Scalene triangle

The scalene triangle, or scalene, is a type of triangle with none of its three side lengths equal, and all of its three angles different.

Measures[edit | edit source]

The area of a general triangle with side lengths a, b, and c satisfying the triangle inequality is given by Heron's formula:^[1]

A=\frac14\sqrt{2a^2b^2+2b^2c^2+2c^2a^2-a^4-b^4-c^4}.

The law of sines allows one to then derive the following expression for the circumradius:^[2]

R=\frac{abc}{\sqrt{2a^2b^2+2b^2c^2+2c^2a^2-a^4-b^4-c^4}}.

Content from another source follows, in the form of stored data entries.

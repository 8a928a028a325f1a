ghost use Rattle.std.specs.Prelude.{◌≡◌, OnOk, OnErr, Ok, true};
ghost use Rattle.p9_word.specs.declared.trail.Seat.TheVariants.{Proc};
ghost use Rattle.p9_word.specs.declared.trail.Event.TheVariants.{Next};
ghost use Rattle.p9_word.specs.declared.trail.Reply.TheVariants.{Over};
ghost use Rattle.p9_manual.specs.Programs.{Asks, RunsPrograms};
ghost use Rattle.p9_word.specs.Setup.{IsValid};
ghost use Rattle.p9_laws.specs.RunReplies.{reply_at};
ghost use Rattle.p9_run.specs.Over.{StaysOver};
ghost use Rattle.p9_run.specs.Stands.{IsBetween};
ghost use Rattle.p9_run.specs.Untouched.{TouchesNoFile};
ghost use Rattle.p9_run.specs.declared.proc_turn.Chosen.TheVariants.{Over as ProcOver};

use crate::bodies::{Bodies, Running};
use crate::engine::Engine;
use p9_word::{Answer, Body, NoMemory, Programs, Reply, Request, Tid};

/// What a proc does next.
#[derive(Clone, Copy)]
enum Chosen {
    /// It runs this thread.
    Thread(Tid),
    /// None of its threads is ready.
    Idle,
    /// It is over.
    Over,
}

/// Asks which thread is to run in proc `p`, and gives that thread its answer.
fn choose_thread<E: Engine, P: Programs>(
    engine: &mut E,
    programs: &P,
    bodies: &mut Bodies<P::B>,
    p: u32,
) -> Result<Chosen, NoMemory>
    requires valid { IsValid (E.setup engine.old) }
    requires programs { P.programs programs.now ≡ (E.setup engine.old).programs }
    requires between { IsBetween (P.asks programs.now) P.B.plan P.B.stands_for (E.entries engine.old) bodies.old }
    ensures setup { E.setup engine.new ≡ E.setup engine.old }
    ensures ok { OnOk result (IsBetween (P.asks programs.now) P.B.plan P.B.stands_for (E.entries engine.new) bodies.new) }
    ensures refused { OnErr result (RunsPrograms (P.asks programs.now) (E.entries engine.new)) }
    ensures is_over { result ≡ Ok ProcOver → reply_at (E.setup engine.new) (E.entries engine.new) (Proc p) Next ≡ Over }
    ensures over { StaysOver (reply_at (E.setup engine.old) (E.entries engine.old)) (reply_at (E.setup engine.new) (E.entries engine.new)) }
    ensures files { TouchesNoFile (E.entries engine.old) (E.entries engine.new) }
{
    match engine.next(p)? {
        Reply::Begin(tid, program, arg) => {
            let body = programs.start(program, arg)?;
            let last = Answer::Done;
            bodies.answer(Running { tid, body, last })?;
            Ok(Chosen::Thread(tid))
        }
        Reply::Turn(tid, last) => {
            let Some(body) = bodies.by_thread.take(tid) else {
                unreachable!()
            };
            bodies.answer(Running { tid, body, last })?;
            Ok(Chosen::Thread(tid))
        }
        Reply::Over => Ok(Chosen::Over),
        _ => Ok(Chosen::Idle),
    }
}

/// Makes the request of thread `tid`, which runs in proc `p`. It tells whether the thread runs on: it doesn't where it
/// waits or has ended, nor where another proc has ended all threads.
fn make_request<E: Engine, B: Body + Drop>(
    engine: &mut E,
    bodies: &mut Bodies<B>,
    p: u32,
    tid: Tid,
) -> Result<bool, NoMemory>
    requires between { (asks : Asks) × IsBetween asks B.plan B.stands_for (E.entries engine.old) bodies.old }
    ensures setup { E.setup engine.new ≡ E.setup engine.old }
    ensures ok { (asks : Asks) → IsBetween asks B.plan B.stands_for (E.entries engine.old) bodies.old
        → OnOk result (IsBetween asks B.plan B.stands_for (E.entries engine.new) bodies.new) }
    ensures refused { (asks : Asks) → IsBetween asks B.plan B.stands_for (E.entries engine.old) bodies.old
        → OnErr result (RunsPrograms asks (E.entries engine.new)) }
    ensures over { StaysOver (reply_at (E.setup engine.old) (E.entries engine.old)) (reply_at (E.setup engine.new) (E.entries engine.new)) }
    ensures files { TouchesNoFile (E.entries engine.old) (E.entries engine.new) }
{
    let Some(request) = bodies.requests.take(tid) else {
        return Ok(false);
    };
    bodies.asks_ioprocs |= matches!(&request, Request::Io(_));
    match engine.call(p, tid, request)? {
        Reply::Now(last) => {
            let Some(body) = bodies.by_thread.take(tid) else {
                unreachable!()
            };
            bodies.answer(Running { tid, body, last })?;
            Ok(true)
        }
        Reply::Ended => {
            bodies.by_thread.take(tid);
            Ok(false)
        }
        _ => Ok(false),
    }
}

/// One turn of proc `p`: its thread makes one request. Where none runs it is asked first which one is to run. It tells
/// whether the proc is over.
///
/// A thread that runs on makes its next request in the next turn, after the turns of all others.
pub(crate) fn proc_turn<E: Engine, P: Programs>(
    engine: &mut E,
    programs: &P,
    bodies: &mut Bodies<P::B>,
    p: u32,
) -> Result<bool, NoMemory>
    requires valid { IsValid (E.setup engine.old) }
    requires programs { P.programs programs.now ≡ (E.setup engine.old).programs }
    requires between { IsBetween (P.asks programs.now) P.B.plan P.B.stands_for (E.entries engine.old) bodies.old }
    ensures setup { E.setup engine.new ≡ E.setup engine.old }
    ensures ok { OnOk result (IsBetween (P.asks programs.now) P.B.plan P.B.stands_for (E.entries engine.new) bodies.new) }
    ensures refused { OnErr result (RunsPrograms (P.asks programs.now) (E.entries engine.new)) }
    ensures is_over { result ≡ Ok true → reply_at (E.setup engine.new) (E.entries engine.new) (Proc p) Next ≡ Over }
    ensures over { StaysOver (reply_at (E.setup engine.old) (E.entries engine.old)) (reply_at (E.setup engine.new) (E.entries engine.new)) }
    ensures files { TouchesNoFile (E.entries engine.old) (E.entries engine.new) }
{
    let tid = match bodies.running.take(p) {
        Some(tid) => tid,
        None => match choose_thread(engine, programs, bodies, p)? {
            Chosen::Thread(tid) => tid,
            Chosen::Idle => return Ok(false),
            Chosen::Over => return Ok(true),
        },
    };
    if make_request(engine, bodies, p, tid)? {
        bodies.running.put(p, tid)?;
    }
    Ok(false)
}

The angles α, β, and γ of the triangle, opposite to the sides with lengths a, b, c, respectively, are also given by the law of sines, as:

\alpha=\text{asin}\left(\frac{\sqrt{2a^2b^2+2b^2c^2+2c^2a^2-a^4-b^4-c^4}}{bc}\right),

\beta=\text{asin}\left(\frac{\sqrt{2a^2b^2+2b^2c^2+2c^2a^2-a^4-b^4-c^4}}{ca}\right),

\gamma=\text{asin}\left(\frac{\sqrt{2a^2b^2+2b^2c^2+2c^2a^2-a^4-b^4-c^4}}{ab}\right).

Scalene triangles occur as vertex figures of 7 omnitruncated polyhedra.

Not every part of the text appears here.